Pouring the reaction solution into a triangular flask twice, adding 0.5M hydrochloric acid, quickly stirring to separate out, filtering to obtain a solid, washing with purified water to be neutral, and drying at 30 ℃. The solid was collected, filled into a container and weighed. Yield: 96.2 percent; purity: 87.6 percent.

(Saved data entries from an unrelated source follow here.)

// What a report says of a sale.

// A bid of the award.
#[derive(Clone, Copy, Debug, Drop)]
pub struct Winner {
    pub number: usize,
    pub buyer: u32,
    pub price: u32,
}

// What a buyer with a winning bid is charged.
#[derive(Clone, Copy, Debug, Drop)]
pub struct Payment {
    pub buyer: u32,
    pub amount: u64,
}

// The award's revenue, its bids by number, what the buyers with a winning bid pay, in rising order of buyer, in how many ways the
// revenue is reached, and up to three of the greatest amounts that clash-free sets of bids fetch.
#[derive(Drop)]
pub struct Summary {
    pub revenue: u64,
    pub winners: Vec<Winner>,
    pub payments: Vec<Payment>,
    pub ways: u64,
    pub top: [Option<u64>; 3],
}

2. Liquid phase synthesis of compound 2: Fmoc-D-His (Bzl) -Leu-OMe
2.1 charging
The materials were dosed as per table 3.
TABLE 3
| Material(s) | Dosage of |
| Fmoc-D-His(Bzl)-OH | 150mmol |
| HOSU | 165mmol |
| TEA | 165mmol |
| DCC | 165mmol |
| H-Leu-OMe.HCl | 165mmol |
| DMF | 500ml |
| 0.5M hydrochloric acid solution | 1L |
2.2, operation process:
accurately weighing Fmoc-D-His (Bzl) -OH and HOSU in a reaction bottle, completely dissolving with DMF, then weighing H-Leu-OMe.HCl in a triangular flask, completely dissolving with DMF, then carrying out cold bath for 10min, adding TEA, rapidly shaking up, adding into the reaction bottle, continuing to carry out cold bath for 5min, then adding DCC to start reaction.
The reaction was complete after 1.5h by HPLC.

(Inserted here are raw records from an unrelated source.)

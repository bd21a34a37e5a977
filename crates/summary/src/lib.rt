// What a report says of a sale, and its text.
#![tactic(auto)]

pub mod contents;
mod gather;
pub mod report;
pub mod text;

pub use contents::{Payment, Summary, Winner};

After complete reaction, the reaction solution was filtered, precipitated with 0.5M aqueous hydrochloric acid, and the filtered solid was washed with purified water to neutrality and dried at 30 ℃. Collecting the solid, filling into a triangular flask, and weighing; yield: 108.1%, purity: 93.4 percent.

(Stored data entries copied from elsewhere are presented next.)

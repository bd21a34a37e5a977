// The report on a file.
ghost use Rattle.std.specs.Prelude.{◌≡◌, Ok, Err, IfOk, MatchOption, string_bytes, alloc_error};
ghost use Rattle.salefile.specs.FileContents.{run_set};
ghost use Rattle.books.specs.History.{book_of};
ghost use Rattle.sale.specs.Holds.{Holds};
ghost use Rattle.sale.specs.Refusals.{load_refusal};
ghost use Rattle.summary.specs.Worked.{WorkedTexts};
ghost use Rattle.summary.specs.FileText.{Reported, new_sale, file_answer, file_book};
ghost use Rattle.summary.specs.Text.{printed_text};

use crate::contents::Summary;
use crate::text::refusal_text;
use bids::limits::MAX_PACKAGES;
use packages::Run;
use sale::{LoadFault, Sale};
use std::alloc::{AllocError, Global};

// The number and the line of a refusal.
#[derive(Clone, Copy, PartialEq, Eq, Debug)]
pub struct Refusal {
    pub number: u8,
    pub line: usize,
}

// Want of memory refuses no file, so it is an error still.
impl TryFrom<LoadFault> for Refusal {
    type Error = AllocError;

    ghost try_from_gives = { λ fault r. MatchOption (load_refusal fault) (r ≡ Err alloc_error) (λ p. r ≡ Ok (record { number = p.0; line = p.1 })) };

    fn try_from(fault: LoadFault) -> Result<Refusal, AllocError> {
        let (number, line) = fault.refusal().ok_or(AllocError)?;
        Ok(Refusal { number, line })
    }
}

// What a sale that has taken up the file comes to, or why the file is refused.
#[derive(Drop)]
pub enum FileReport {
    Accepted(Summary),
    Refused(Refusal),
}

impl FileReport {
    // The lines that are printed. Only want of memory is an error.
    pub fn text(&self, heap: Global) -> Result<String, AllocError>
        ensures { IfOk result (λ t. string_bytes t ≡ printed_text self.now) }
    {
        match self {
            FileReport::Accepted(summary) => summary.text(heap),
            FileReport::Refused(refusal) => refusal_text(heap, refusal.number, refusal.line),
        }
    }
}

// A sale of no lots, with room for as many packages as a sale may have.
fn new_sale(heap: Global) -> Result<Sale<Run>, AllocError>
    ensures { IfOk result (λ s. Holds run_set s (book_of new_sale)) }
{
    let table = vec![in heap; Run { first: 0, last: 0 }; MAX_PACKAGES]?;
    Sale::new(heap, 0, table).map_err(|_| AllocError)
}

// Loads the file into a new sale of runs, and reports on the sale, or why the file is refused. Only want of memory is an error.
pub fn report(heap: Global, file: &[u8]) -> Result<FileReport, AllocError>
    ensures { IfOk result (λ r. Reported (file_book file.now) (file_answer file.now) r) }
{
    let mut sale = new_sale(heap)?;
    match sale.load(heap, file) {
        Ok(_) => Ok(FileReport::Accepted(Summary::of(heap, &sale)?)),
        Err(fault) => Ok(FileReport::Refused(Refusal::try_from(fault)?)),
    }
}

// The worked texts, of the definitions themselves.
pub fn worked_texts()
    ensures { WorkedTexts }
{}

3. Liquid phase synthesis of compound 3: H-D-His (Bzl) -Leu-OMe
3.1 feeding:
the materials were dosed as per table 4.
TABLE 4
| Material(s) | Dosage of |
| Fmoc-D-His(Bzl)-Leu-OMe.HCl | 150mmol |
| Diethylamine | 400ml |
| Petroleum ether | 1L |
3.2 procedure
Accurately weighing Fmoc-D-His (Bzl) -Leu-OMe.HCl in a reaction bottle, adding diethylamine to react for 20min, concentrating to a small amount, adding petroleum ether to precipitate a solid, filtering, and vacuum drying. Yield: 82.4%, purity: 87.2 percent.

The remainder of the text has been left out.